FirstSide was evidently a sink of degeneracy and crime, where all the “wrong people” had taken over; plenty of pictures of slums, riots, shots of LA freeways at rush hour, New York and Tokyo subways, terrorist attacks during the war, eroded hillsides, industrial wastelands, mosh pits, homeless addicts slumped against Dumpsters, AIDS victims in Africa, RuPaul, Marilyn Manson wanna-bes and chemical waste dumps. A hell on Earth, from which the heroic Founding Families had led the chosen seed into the wilderness to build a New Jerusalem, and incidentally get rich and make themselves overlords.
From this, you'd think FirstSide was All
Blade Runner,
All the Time,
he thought, with an amused chuckle.
Of course, to someone raised here, it might really look that way.
“And let's check on that, shall we?” he said, stacking the books and dropping them in the return carousel. “Now I've seen things from the top down, let's go look at things from the bottom up and see what the sweaty masses think.”
Whistling, he strolled out past the impressive rotunda, down the marble steps, and across the square.
He walked past the churches, where the morning service was over and people were milling around, strolling, chewing the fat and dishing the dirt and admiring one another's infants, and vendors were selling ice cream from little push-pedal carts.
“Pistachio and cherry, two scoops in a bowl,” he said—he'd always hated the way cones dripped on your hand.
Then he paid, raising his brows and thinking,
My, my, a place where pennies are actually some use.
It was a nice day for strolling, and the ice cream was good; the last of the fog was gone save for some wisps over where San Francisco wasn't; it was sunny and bright and the temperature was up to the mid-seventies, about as high as the East Bay got unless there was a heat wave. The long street that stretched down to the water was named Longstreet; evidently John Rolfe had a sense of humor, as well as a Civil War fixation. It was mostly commercial two-story buildings of whitewash and tile, mostly open-plan, varied with an occasional small park. He walked along under the shade trees, and conscientiously dropped his empty cardboard ice-cream dish into a trash container, along with the little wooden spoon. That was a datum too.
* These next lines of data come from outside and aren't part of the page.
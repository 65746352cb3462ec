//! Taking up a gated file.
ghost use Rattle.std.specs.Prelude.{◌≡◌, ◌≢◌, ◌≤◌, ◌<◌, ◌^◌, [], ℕ, List, length, slice_index_or, Some, None, IfOk, IfSome, OnOk, OnErr, IsErrOf, IsTrue, MatchBool};
ghost use Rattle.disk_defs.specs.Disk.{Image, IsDurable, AtEachMoment, Reads, HasCause, MayFailUncounted};
ghost use Rattle.disk_defs.specs.Frames.{Only, OthersStay};
ghost use Rattle.disk_defs.specs.Gates.{Body, records};
ghost use Rattle.gated_file.specs.Gated.{IsReady, HasState, IsStanding};
ghost use Rattle.gated_file.specs.Reading.{EndsAt};
ghost use Rattle.disk_defs.specs.OutsideGates.{IsOutside};
ghost use Rattle.gated_file.specs.Begin.{IsBegun, KeepsRecords};
ghost use Rattle.gated_file.specs.State.{settled};

use crate::error::GateError;
use crate::gated::Gated;
use crate::read::body_length;
use repl_disk::Disk;
use std::alloc::Global;
use std::collections::VecDeque;

/// Where the first closed gate stands.
fn find_end<D: Disk>(disk: &mut D, file: u32, size: u64) -> Result<u64, GateError>
    requires long { 2 ≤ size }
    requires told { IfSome (D.disk disk.old).content (λ files. size ≡ length (files file)) }
    ensures end { IfOk result (λ end. IfSome (D.disk disk.old).content (λ files. (bodies : List Body) × EndsAt (files file) bodies end)) }
    ensures near { IfOk result (λ end. end < 2 ^ 64) }
    ensures outside { (offset : ℕ) → IsErrOf result (GateError.NotARecord offset) → IfSome (D.disk disk.old).content (λ files. IsOutside (files file) offset) }
    ensures reads { Reads (D.disk disk.old) (D.disk disk.new) }
    ensures faults { MayFailUncounted (D.disk disk.old).faults (D.disk disk.new).faults (IsErrOf result GateError.Failed) }
{
    let mut at = 0;
    while let Some(n) = body_length(disk, file, size, at)? {
        at += n + 5;
    }
    Ok(at)
}

/// Whether the file's first byte is a closed gate. A file without bytes has none.
fn has_closed_gate<D: Disk>(disk: &mut D, file: u32, size: u64) -> Result<bool, GateError>
    requires told { IfSome (D.disk disk.old).content (λ files. size ≡ length (files file)) }
    ensures value { IfOk result (λ closed. IfSome (D.disk disk.old).content (λ files. MatchBool closed (slice_index_or (files file) 0 1 ≢ 1) (slice_index_or (files file) 0 1 ≡ 1))) }
    ensures reads { Reads (D.disk disk.old) (D.disk disk.new) }
    ensures cause { HasCause (D.disk disk.old).faults (D.disk disk.new).faults result }
    ensures failed { OnErr result (IsErrOf result GateError.Failed) }
{
    if size == 0 {
        return Ok(false);
    }
    let mut gate = [0];
    disk.read_at(file, 0, &mut gate)?;
    Ok(gate[0] != 1)
}

/// Gives a file without records, which is synced, its closed gate at place 0 where it has none, and syncs it.
fn begin<D: Disk>(disk: &mut D, file: u32, size: u64) -> Result<(), GateError>
    requires told { IfSome (D.disk disk.old).content (λ files. size ≡ length (files file)) }
    requires empty { IfSome (D.disk disk.old).content (λ files. records (files file) ≡ Some []) }
    requires durable { IfSome (D.disk disk.old).content (λ files. IsDurable (D.disk disk.old) file (files file)) }
    requires room { (D.disk disk.old).has_room file 2 1 }
    ensures begun { OnOk result (IfSome (D.disk disk.new).content (λ files. IsBegun (D.disk disk.new) file (files file))) }
    ensures any_moment { IfSome (D.disk disk.old).content (λ _. AtEachMoment (D.disk disk.old) (D.disk disk.new) (KeepsRecords (D.disk disk.old) file)) }
    ensures frame { OthersStay (Only file) (D.disk disk.old) (D.disk disk.new) }
    ensures cause { HasCause (D.disk disk.old).faults (D.disk disk.new).faults result }
    ensures failed { OnErr result (IsErrOf result GateError.Failed) }
{
    if has_closed_gate(disk, file, size)? {
        return Ok(());
    }
    disk.write_at(file, 0, &[0])?;
    Ok(disk.sync(file)?)
}

/// Syncs a file: what it reads as is then on the disk for good.
///
/// # Errors
/// `Failed` only where the disk's count rose, and `NoMemory`.
pub fn sync_file<D: Disk>(disk: &mut D, file: u32) -> Result<(), GateError>
    ensures durable { OnOk result (IfSome (D.disk disk.old).content (λ files. IsDurable (D.disk disk.new) file (files file))) }
    ensures content { (D.disk disk.new).content ≡ (D.disk disk.old).content }
    ensures any_moment { AtEachMoment (D.disk disk.old) (D.disk disk.new) (Image (D.disk disk.old)) }
    ensures frame { OthersStay (Only file) (D.disk disk.old) (D.disk disk.new) }
    ensures faults { MayFailUncounted (D.disk disk.old).faults (D.disk disk.new).faults (IsErrOf result GateError.Failed) }
    ensures outside { (offset : ℕ) → IsErrOf result (GateError.NotARecord offset) → ⊥ }
{
    if disk.room(file, 1, 0).is_err() {
        return Err(GateError::NoMemory);
    }
    Ok(disk.sync(file)?)
}

/// Sees that a file is in the format from its start to its first closed gate. It reads no body.
///
/// # Errors
/// `NotARecord` with the place of the first gate that is outside the format, and `Failed` only where the disk's count rose.
pub fn see_gates<D: Disk>(disk: &mut D, file: u32) -> Result<(), GateError>
    ensures listed { OnOk result (IfSome (D.disk disk.old).content (λ files. (bodies : List Body) × (records (files file) ≡ Some bodies))) }
    ensures outside { (offset : ℕ) → IsErrOf result (GateError.NotARecord offset) → IfSome (D.disk disk.old).content (λ files. IsOutside (files file) offset) }
    ensures reads { Reads (D.disk disk.old) (D.disk disk.new) }
    ensures faults { MayFailUncounted (D.disk disk.old).faults (D.disk disk.new).faults (IsErrOf result GateError.Failed) }
{
    let size = disk.len(file)?;
    if size < 2 {
        return Ok(());
    }
    find_end(disk, file, size)?;
    Ok(())
}

/// Makes room to begin a file, syncs it, and answers its length.
fn settle<D: Disk>(disk: &mut D, file: u32) -> Result<u64, GateError>
    ensures size { IfOk result (λ size. IfSome (D.disk disk.old).content (λ files. size ≡ length (files file))) }
    ensures content { (D.disk disk.new).content ≡ (D.disk disk.old).content }
    ensures durable { OnOk result (IfSome (D.disk disk.old).content (λ files. IsDurable (D.disk disk.new) file (files file))) }
    ensures room { OnOk result ((D.disk disk.new).has_room file 2 1) }
    ensures any_moment { AtEachMoment (D.disk disk.old) (D.disk disk.new) (Image (D.disk disk.old)) }
    ensures frame { OthersStay (Only file) (D.disk disk.old) (D.disk disk.new) }
    ensures faults { MayFailUncounted (D.disk disk.old).faults (D.disk disk.new).faults (IsErrOf result GateError.Failed) }
    ensures outside { (offset : ℕ) → IsErrOf result (GateError.NotARecord offset) → ⊥ }
{
    sync_file(disk, file)?;
    if disk.room(file, 2, 1).is_err() {
        return Err(GateError::NoMemory);
    }
    let size = disk.len(file)?;
    Ok(size)
}

impl Gated {
    /// A file whose last closed gate stands there, with no room for more.
    fn standing(alloc: Global, file: u32, end: u64) -> Result<Gated, GateError>
        ensures made { IfOk result (λ made. IsStanding made file end) }
        ensures err { OnErr result (IsErrOf result GateError.NoMemory) }
    {
        let mut buffer = Vec::new(alloc);
        if buffer.reserve(5).is_err() {
            return Err(GateError::NoMemory);
        }
        Ok(Gated {
            alloc,
            file,
            end,
            closed: VecDeque::new(alloc),
            buffer,
            bodies_left: 0,
            bytes_left: 0,
            syncs_left: 0,
            synced: true,
        })
    }

    /// Takes up a file that has no records, and gives it its first closed gate.
    ///
    /// It syncs the file first. Where the file then has a byte at place 0 that isn't 01, it writes nothing, since that byte
    /// is a closed gate; else it writes one byte 00 there and syncs it.
    ///
    /// # Errors
    /// `Failed` only where the disk's count rose, and `NoMemory`.
    pub fn fresh<D: Disk>(alloc: Global, disk: &mut D, file: u32) -> Result<Gated, GateError>
        requires empty { IfSome (D.disk disk.old).content (λ files. records (files file) ≡ Some []) }
        ensures ready { IfOk result (λ made. IsReady (D.disk disk.new) made) }
        ensures file { IfOk result (λ made. made.file ≡ file) }
        ensures is_synced { IfOk result (λ made. IsTrue made.synced) }
        ensures state { IfOk result (λ made. IfSome (D.disk disk.old).content (λ _. HasState (D.disk disk.new) made (settled []))) }
        ensures any_moment { IfSome (D.disk disk.old).content (λ _. AtEachMoment (D.disk disk.old) (D.disk disk.new) (KeepsRecords (D.disk disk.old) file)) }
        ensures frame { OthersStay (Only file) (D.disk disk.old) (D.disk disk.new) }
        ensures faults { MayFailUncounted (D.disk disk.old).faults (D.disk disk.new).faults (IsErrOf result GateError.Failed) }
        ensures outside { (offset : ℕ) → IsErrOf result (GateError.NotARecord offset) → ⊥ }
    {
        let size = settle(disk, file)?;
        begin(disk, file, size)?;
        Gated::standing(alloc, file, 0)
    }

    /// Takes up a file with the records that it has. All of them are hardened from then on.
    ///
    /// It syncs the file first. A file shorter than two bytes is made as `fresh` makes it.
    ///
    /// # Errors
    /// `NotARecord` exactly where the file is outside the format, with the place of the first gate that is outside it;
    /// `Failed` only where the disk's count rose; and `NoMemory`.
    pub fn attach<D: Disk>(alloc: Global, disk: &mut D, file: u32) -> Result<Gated, GateError>
        ensures ready { IfOk result (λ made. IsReady (D.disk disk.new) made) }
        ensures file { IfOk result (λ made. made.file ≡ file) }
        ensures is_synced { IfOk result (λ made. IsTrue made.synced) }
        ensures state { IfOk result (λ made. IfSome (D.disk disk.old).content (λ files. (bodies : List Body) × (records (files file) ≡ Some bodies) × HasState (D.disk disk.new) made (settled bodies))) }
        ensures outside { (offset : ℕ) → IsErrOf result (GateError.NotARecord offset) → IfSome (D.disk disk.old).content (λ files. IsOutside (files file) offset) }
        ensures no_list { (offset : ℕ) → IsErrOf result (GateError.NotARecord offset) → IfSome (D.disk disk.old).content (λ files. records (files file) ≡ None) }
        ensures any_moment { IfSome (D.disk disk.old).content (λ _. AtEachMoment (D.disk disk.old) (D.disk disk.new) (KeepsRecords (D.disk disk.old) file)) }
        ensures frame { OthersStay (Only file) (D.disk disk.old) (D.disk disk.new) }
        ensures faults { MayFailUncounted (D.disk disk.old).faults (D.disk disk.new).faults (IsErrOf result GateError.Failed) }
    {
        let size = settle(disk, file)?;
        if size < 2 {
            begin(disk, file, size)?;
            return Gated::standing(alloc, file, 0);
        }
        let end = find_end(disk, file, size)?;
        Gated::standing(alloc, file, end)
    }
}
“No plastics,” he muttered. “Not where anything else will do.”
He kept going until he was west of the big produce market they'd come through on Friday, then turned south. That was the area closest to the docks and the factories, and as he'd expected, it didn't have quite the burnished look the rest of the town did; not a slum by any means, or even really run-down, but the houses were smaller and older and all made of adobe, looking much alike. He estimated they'd be about fifteen hundred square feet each, with a small open front yard and fences out back, set on a plain gridiron of streets; the arch of tall shade trees over the pavement was still agreeable, though. Men in undershirts and women in print dresses sat on their verandas, drinking lemonade or beer or sodas and smoking; children and dogs ran around playing; music blared now and then from open windows, or the sound of TVs. He dodged a young man on a bicycle, wobbling along with a girl sitting on the handlebars; others were shooting hoops, mostly fastened to roadside trees. Now and then he smelled a barbecue grill in operation.